- [Given information]
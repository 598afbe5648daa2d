// Laws of two journals, one behind the other.
ghost use Rattle.std.specs.Prelude.{◌≡◌, ◌++◌, List, ℕ};
ghost use Rattle.arj_journal.specs.declared.body.Line.{Line};
ghost use Rattle.arj_journal.specs.declared.header.Header.{Header};
ghost use Rattle.arj_law.specs.Joined.{AreApart, AreCalled, AreJoined, calls_behind, marks_after, tops_behind, values_after};
ghost use Rattle.arj_law.specs.JoinedSamples.{AddsEnd, IncludesEnd, NestedEnd};
ghost use Rattle.arj_model.specs.Keeping.{KeepsTheBook};
ghost use Rattle.arj_model.specs.Calls.{committed_calls, tops};
ghost use Rattle.arj_model.specs.Clean.{Clean, CleanFrom};
ghost use Rattle.arj_model.specs.Disks.{Disks};
ghost use Rattle.arj_model.specs.Last.{entry_from, entry_state, last_from, last_state, listed, serial_tops};
ghost use Rattle.arj_model.specs.Serial.{Serial, Values, serial_calls};

/// Of two journals of different actions, one behind the other, the calls and tops that count are those of the first and
/// behind them those of the second; and so they stand in the serial order. It does nothing when it runs.
pub fn joined_journals_stand_one_behind_the_other()
    ensures calls { (first second : List Line) → AreApart first second → committed_calls (first ++ second) ≡ committed_calls first ++ calls_behind first (committed_calls second) }
    ensures tops { (first second : List Line) → AreApart first second → tops (first ++ second) ≡ tops first ++ tops_behind first (tops second) }
    ensures serial { (first second : List Line) → AreApart first second → AreCalled second → serial_calls (first ++ second) ≡ serial_calls first ++ calls_behind first (serial_calls second) }
    ensures serial_tops { (first second : List Line) → AreApart first second → serial_tops (first ++ second) ≡ serial_tops first ++ tops_behind first (serial_tops second) }
{}

/// Where the first journal is serial and keeps the book, and the second does from the values that the first leaves, both
/// together are serial and keep it. It does nothing when it runs.
pub fn joined_journals_keep_the_book()
    ensures serial { (values : Values) (first second : List Line) → AreApart first second → AreCalled second → Serial values first → Serial (values_after values first) second → Serial values (first ++ second) }
    ensures book { (values : Values) (first second : List Line) → AreApart first second → AreCalled second → KeepsTheBook values first → KeepsTheBook (values_after values first) second → KeepsTheBook values (first ++ second) }
{}

/// Last states, listed stores and entries of both journals are those of the second run, whose header goes on where the first
/// journal ended, counted from the marks that it left; and disks that are clean of the one are clean of the other. It does
/// nothing when it runs.
pub fn joined_journals_end_as_the_second()
    ensures state { (header next : Header) (first second : List Line) → AreJoined header first next second → (x : ℕ) → last_state header (first ++ second) x ≡ last_from next (marks_after header first) second x }
    ensures listed { (header next : Header) (first second : List Line) → AreJoined header first next second → (x : ℕ) → listed header (first ++ second) x ≡ listed next second x }
    ensures entry { (header next : Header) (first second : List Line) → AreJoined header first next second → (x : ℕ) → entry_state header (first ++ second) x ≡ entry_from next (marks_after header first) second x }
    ensures clean { (header next : Header) (first second : List Line) → AreJoined header first next second → (disks : Disks) → CleanFrom next (marks_after header first) second disks → Clean header (first ++ second) disks }
    ensures clean_from { (header next : Header) (first second : List Line) → AreJoined header first next second → (disks : Disks) → Clean header (first ++ second) disks → CleanFrom next (marks_after header first) second disks }
{}

/// Small journals of runs that went on, joined to those of the runs before them, and where both end. It does nothing when it
/// runs.
pub fn joined_samples_end_so()
    ensures adds { AddsEnd }
    ensures includes { IncludesEnd }
    ensures nested { NestedEnd }
{}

- [Exercise directions] Ending with the line containing "second → tops", please print exactly the lines of the material above from its first line onward, and nothing else.

- [Written answer]
repository 598afbe5648daa2d
// Laws of two journals, one behind the other.
ghost use Rattle.std.specs.Prelude.{◌≡◌, ◌++◌, List, ℕ};
ghost use Rattle.arj_journal.specs.declared.body.Line.{Line};
ghost use Rattle.arj_journal.specs.declared.header.Header.{Header};
ghost use Rattle.arj_law.specs.Joined.{AreApart, AreCalled, AreJoined, calls_behind, marks_after, tops_behind, values_after};
ghost use Rattle.arj_law.specs.JoinedSamples.{AddsEnd, IncludesEnd, NestedEnd};
ghost use Rattle.arj_model.specs.Keeping.{KeepsTheBook};
ghost use Rattle.arj_model.specs.Calls.{committed_calls, tops};
ghost use Rattle.arj_model.specs.Clean.{Clean, CleanFrom};
ghost use Rattle.arj_model.specs.Disks.{Disks};
ghost use Rattle.arj_model.specs.Last.{entry_from, entry_state, last_from, last_state, listed, serial_tops};
ghost use Rattle.arj_model.specs.Serial.{Serial, Values, serial_calls};

/// Of two journals of different actions, one behind the other, the calls and tops that count are those of the first and
/// behind them those of the second; and so they stand in the serial order. It does nothing when it runs.
pub fn joined_journals_stand_one_behind_the_other()
    ensures calls { (first second : List Line) → AreApart first second → committed_calls (first ++ second) ≡ committed_calls first ++ calls_behind first (committed_calls second) }
    ensures tops { (first second : List Line) → AreApart first second → tops (first ++ second) ≡ tops first ++ tops_behind first (tops second) }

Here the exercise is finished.